Pam Warren, whose face was severely burnt in the Paddington rail disaster, said she was "totally devastated" yesterday at news that there could be more delays in settling insurance claims.
St Paul International Insurance, which has been acting for the rail companies for the four years since the crash, has reached its indemnity limit, believed to be £30m.
It is passing its responsibilities on to another firm. The new company, AIG, has appointed solicitors to handle the claims "from scratch", which means further delay, the victims' support group says. Those injured in the crash, in which 30 people died, say AIG is refusing offers to take claims to mediation and seeking adjournments of hearings scheduled for December, which were intended to settle the level of damages. Solicitors for AIG said they needed more time to prepare to fight the claims, according to survivors.
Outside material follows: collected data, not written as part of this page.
ghost use Rattle.std.specs.Prelude.{◌≡◌, ◌<◌, ◌≤◌, ◌+◌, ◌^◌, ◌⊎◌, ℕ, List, Some, OnOk, IfOk, cond, true, false};
ghost use Rattle.std.specs.FinMap as map;
ghost use Rattle.std.specs.Option.{option_copied};

use crate::frames::Frames;
use crate::page::Page;
use sand_base::NoMemory;
use std::alloc::Global;
use std::marker::Model;

/// The clean pages in frames: newest images by the numbers of their pages, and replaced ones, which only stamps see, by
/// the places where they lie. Together they take no more frames than there are.
#[derive(Drop)]
pub(crate) struct Cache {
    newest: Frames,
    past: Frames,
}

impl Model for Cache {
    ghost use Rattle.page_pool.specs.Inside.{CacheState, cache_code, cache_of, FitTogether};

    ghost Value = { CacheState };

    ghost coded = { cache_code };

    ghost view = { λ a. cache_of a.newest a.past };

    ghost invariant = { λ a. FitTogether a.newest a.past };
}

impl Cache {
    // So many frames, all free.
    pub(crate) fn new(alloc: Global, most: u32) -> Result<Cache, NoMemory>
        ensures { IfOk result (λ s. s ≡ record { newest = map.empty; past = map.empty; count = 0; most = most }) }
    {
        Ok(Cache {
            newest: Frames::new(alloc, most)?,
            past: Frames::new(alloc, most)?,
        })
    }

    // The newest image of page `n`, which is marked as used.
    #[inline]
    pub(crate) fn used(&self, n: u64) -> Option<&Page>
        ensures { option_copied result ≡ map.get self.now.newest n }
    {
        self.newest.used(n)
    }

    #[inline]
    pub(crate) fn get(&self, n: u64) -> Option<&Page>
        ensures { option_copied result ≡ map.get self.now.newest n }
    {
        self.newest.get(n)
    }

    // Puts the newest image of page `n` in, where memory is left. What is there afterwards was there before or is this
    // page.
    pub(crate) fn put(&mut self, n: u64, page: Page) -> Result<(), NoMemory>
        ensures sound { (q : ℕ) (bytes : List ℕ) → map.get self.new.newest q ≡ Some bytes
            → ((q ≡ n) × (bytes ≡ page)) ⊎ (map.get self.old.newest q ≡ Some bytes) }
        ensures past { (q : ℕ) (bytes : List ℕ) → map.get self.new.past q ≡ Some bytes → map.get self.old.past q ≡ Some bytes }
        ensures added { OnOk result (map.get self.new.newest n ≡ Some page) }
        ensures most { self.new.most ≡ self.old.most }
    {
        self.make_room(true);
        self.newest.put(n, page)
    }

    // Puts the replaced image at this place in, as `put` does.
    pub(crate) fn put_past(&mut self, place: u64, page: Page) -> Result<(), NoMemory>
        ensures sound { (q : ℕ) (bytes : List ℕ) → map.get self.new.past q ≡ Some bytes
            → ((q ≡ place) × (bytes ≡ page)) ⊎ (map.get self.old.past q ≡ Some bytes) }
        ensures newest { (q : ℕ) (bytes : List ℕ) → map.get self.new.newest q ≡ Some bytes → map.get self.old.newest q ≡ Some bytes }
        ensures added { OnOk result (map.get self.new.past place ≡ Some page) }
        ensures most { self.new.most ≡ self.old.most }
    {
        self.make_room(false);
        self.past.put(place, page)
    }

    // Whether the image of page `n` that lies at this place, newest or replaced, is in a frame.
    #[inline]
    pub(crate) fn has_image(&self, n: u64, place: u64, is_newest: bool) -> bool {
        if is_newest {
            self.newest.get(n).is_some()
        } else {
            self.past.get(place).is_some()
        }
    }

    // The image of page `n` that lies at this place, newest or replaced, which is marked as used.
    #[inline]
    pub(crate) fn used_image(&self, n: u64, place: u64, is_newest: bool) -> Option<&Page>
        ensures { option_copied result ≡ cond is_newest (map.get self.now.newest n) (map.get self.now.past place) }
    {
        if is_newest {
            self.newest.used(n)
        } else {
            self.past.used(place)
        }
    }

    // Puts the image of page `n` in that lies at this place, newest or replaced, as `put` does.
    pub(crate) fn put_image(
        &mut self,
        n: u64,
        place: u64,
        is_newest: bool,
        page: Page,
    ) -> Result<(), NoMemory>
        ensures newest { (q : ℕ) (bytes : List ℕ) → map.get self.new.newest q ≡ Some bytes
            → ((is_newest ≡ true) × ((q ≡ n) × (bytes ≡ page))) ⊎ (map.get self.old.newest q ≡ Some bytes) }
        ensures past { (q : ℕ) (bytes : List ℕ) → map.get self.new.past q ≡ Some bytes
            → ((is_newest ≡ false) × ((q ≡ place) × (bytes ≡ page))) ⊎ (map.get self.old.past q ≡ Some bytes) }
        ensures most { self.new.most ≡ self.old.most }
    {
        if is_newest {
            self.put(n, page)
        } else {
            self.put_past(place, page)
        }
    }

    // Lets a page go where no frame is free: one of the other kind, where any is there. So each kind gets the more
    // frames the more often it misses one.
    fn make_room(&mut self, is_newest: bool)
        ensures newest { (q : ℕ) (bytes : List ℕ) → map.get self.new.newest q ≡ Some bytes → map.get self.old.newest q ≡ Some bytes }
        ensures past { (q : ℕ) (bytes : List ℕ) → map.get self.new.past q ≡ Some bytes → map.get self.old.past q ≡ Some bytes }
        ensures room { self.new.count < self.new.most }
        ensures most { self.new.most ≡ self.old.most }
    {
        if self.count() < self.newest.most() {
            return;
        }
        if leaves_past(self.newest.count(), self.past.count(), is_newest) {
            self.past.drop_last();
        } else {
            self.newest.drop_last();
        }
    }

    // Keeps a page that was written, where memory is left.
    pub(crate) fn keep(&mut self, n: u64, change: Option<Option<Page>>)
        ensures sound { (q : ℕ) (bytes : List ℕ) → map.get self.new.newest q ≡ Some bytes
            → ((q ≡ n) × (change ≡ Some (Some bytes))) ⊎ (map.get self.old.newest q ≡ Some bytes) }
        ensures past { (q : ℕ) (bytes : List ℕ) → map.get self.new.past q ≡ Some bytes → map.get self.old.past q ≡ Some bytes }
        ensures most { self.new.most ≡ self.old.most }
    {
        if let Some(Some(page)) = change {
            let _ = self.put(n, page);
        }
    }

    // Lets the newest image of page `n` go.
    pub(crate) fn forget(&mut self, n: u64)
        ensures newest { self.new.newest ≡ map.remove self.old.newest n }
        ensures past { self.new.past ≡ self.old.past }
        ensures most { self.new.most ≡ self.old.most }
    {
        self.newest.forget(n);
    }

    // Lets the replaced image at this place go.
    pub(crate) fn forget_past(&mut self, place: u64)
        ensures past { self.new.past ≡ map.remove self.old.past place }
        ensures newest { self.new.newest ≡ self.old.newest }
        ensures most { self.new.most ≡ self.old.most }
    {
        self.past.forget(place);
    }

    // How many pages are there.
    pub(crate) fn count(&self) -> usize
        ensures count { result ≡ self.now.count }
        ensures few { self.now.count ≤ self.now.most }
        ensures small { result < 2 ^ 63 }
    {
        self.newest.count() + self.past.count()
    }
}

// Whether a replaced image leaves, where so many of either kind are there.
fn leaves_past(newest: usize, past: usize, is_newest: bool) -> bool
    ensures past { result ≡ true → 0 < newest + past → 0 < past }
    ensures newest { result ≡ false → 0 < newest + past → 0 < newest }
{
    if is_newest { past > 0 } else { newest == 0 }
}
Ms Warren, who was forced to wear a surgical mask to protect her face after the disaster, has not yet received full compensation. She said: "From the time of the train crash we were assured time and time again that our claims would be dealt with 'sympathetically and quickly'. I feel that the railway industry is reneging on promises made to victims following the accident. My life has been destroyed by their incompetence and this trauma is being made worse by their tactics of delay."
Victor Rae-Reeves, the solicitor for "excess insurers" including AIG, said there should be no reason for any delays and that the company had not refused arbitration. He said most of the claims had now been settled, but in a small number of cases up-to-date medical evidence had been sought. A spokesman for AIG said the company was unable to comment.